God Knows Where I Am (2016)

Movie Info

Movie Info

Director
Jedd and Todd Wider
Run Time
1 hour and 37 minutes
Rating
Not Rated

VP Content Ratings

Violence
2/10
Language
3/10
Sex & Nudity
2/10
Star Rating
★★★★4 out of 5

Not Rated. Running time: 1 hour 37 min.

Our content ratings (1-10): Violence 2; Language 3; Sex/Nudity 2.

Our star rating (1-5): 4

My God, my God, why have you forsaken me?
Why are you so far from helping me, from the words of my groaning? O my God, I cry by day, but you do not answer;
and by night, but find no rest.

Psalm 22:1-2

I cry aloud to God,
aloud to God, that he may hear me.
In the day of my trouble I seek the Lord;
in the night my hand is stretched out without wearying;
my soul refuses to be comforted.
I think of God, and I moan;
I meditate, and my spirit faints.

Psalm 77:1-2

Jedd and Todd Wider’s stark documentary was made possible because its deceased subject, Linda Bishop, left behind a notebook in which she wrote daily her thoughts as she slowly died of starvation—and this was in a farmhouse in New Hampshire by a busy highway. Her schizophrenia had alienated her from her daughter, sister, and friends.  From her window, she could see across the road the house of a neighbor whose large-screen TV glowed each night. She died during the winter of 2007/8, but her body was not found until a prospective buyer came to look at the farm in May. How could this happen in America, the land of abundance and neighborly concern? That is what the filmmakers set out to explore in their film, one that will leave you pondering about—well, a lot of things.

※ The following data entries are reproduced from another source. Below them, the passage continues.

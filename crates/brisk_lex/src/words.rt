//! Reserved words.
ghost use Rattle.std.specs.Prelude.{◌≡◌, map};
ghost use Rattle.brisk_lex.specs.Vocabulary as spec;

use crate::token::Word;

const WORDS: [(&[u8], Word); 27] = [
    (b"enum", Word::KwEnum),
    (b"channel", Word::KwChannel),
    (b"one", Word::KwOne),
    (b"many", Word::KwMany),
    (b"nonempty", Word::KwNonempty),
    (b"var", Word::KwVar),
    (b"input", Word::KwInput),
    (b"int", Word::KwInt),
    (b"bool", Word::KwBool),
    (b"true", Word::KwTrue),
    (b"false", Word::KwFalse),
    (b"send", Word::KwSend),
    (b"to", Word::KwTo),
    (b"recv", Word::KwRecv),
    (b"from", Word::KwFrom),
    (b"any", Word::KwAny),
    (b"in", Word::KwIn),
    (b"if", Word::KwIf),
    (b"else", Word::KwElse),
    (b"while", Word::KwWhile),
    (b"for", Word::KwFor),
    (b"repeat", Word::KwRepeat),
    (b"begin", Word::KwBegin),
    (b"end", Word::KwEnd),
    (b"box", Word::KwBox),
    (b"pick", Word::KwPick),
    (b"loose", Word::KwLoose),
];

/// What the table has at this spelling.
fn find(table: &[(&[u8], Word)], bytes: &[u8]) -> Option<Word>
    ensures { result ≡ spec.find (map (λ e. (e.0.now, e.1)) table.now) bytes.now }
{
    for (spelling, word) in table {
        if *spelling == bytes {
            return Some(*word);
        }
    }
    None
}

/// The reserved word that is spelled so.
#[tactic(auto, unfolding(crate::specs::Vocabulary::word))]
pub fn word_of(bytes: &[u8]) -> Option<Word>
    ensures { result ≡ spec.word bytes.now }
{
    find(&WORDS, bytes)
}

Through interviews with her loved ones and old family photos and home movies, we learn of Linda’s painful journey from her happy youth and later motherhood to psychological breakdown when she thought the Chinese Mafia were trailing her. Estranged from her family and made homeless, she wanders around, eventually being sent by a judge to a psychiatric facility. Given a safe home and regular food, she was diagnosed with bipolar disorder and psychosis. Unfortunately, she refused to take her medication, and state law allowed her to do so, even though this amounted to suicide. After weeks of non-cooperation from her, the hospital staff dismisses her –in the cold of winter! Trudging along a highway she comes upon the abandoned farmhouse where an old apple orchard provides her with food, and the snow her drinking water.

From her journal we see she is a deeply religious person, quoting Scripture after Scripture. The title comes from her. As she eats the last of the apples and grows weaker and weaker after Christmas, she observes that God knows where she is, even if no one else does. Even though she sees the neighbor’s house and the many cars and trucks passing by, she is so out of touch with reality that she does not just get up and walk out to ask for help.

One of the interviewees that we see many times is her sister Joan who lived fairly near the farmhouse. What a heart-wrenching scene when she remarks that she knows of the house where her sister died. She observes that she must have passed it 50 times or more during her travels up and down that highway.

Although one might speculate why the God who knows where Linda Bishop is did not intervene to save her, the filmmakers’ intention is clearly to get us to discuss and act upon the woeful laws that allow such an obviously a mentally ill person to continually turn down medical help. Surely a legal guardian, such as the sister or the judge who admitted her to the hospital, should be able to over-ride such a decision. Mention is made in the film that there are two and a half million people in the nation suffering from schizophrenia, and that half of them, like Linda, deny that they are ill. The film also raises questions about the humanity of the staff at the hospital. Granted, she was troublesomely uncooperative, but how could human being send this delusional person out into the cold winter knowing that she had no support system?

Linda’s opening words in the movie sound like that of one of the Psalms, “Dear God, please save me,” she wrote in her journal. There are dozens of such Psalms, and for them, there was a rescue. Not so for Linda Bishop. This film is a fine tribute to her, and if it prods us to change obsolete laws, it is a fitting tribute to her memory. (I write and post this on Memorial Day, 2017)

This review with a set of questions will be in the 2017 issue of VP.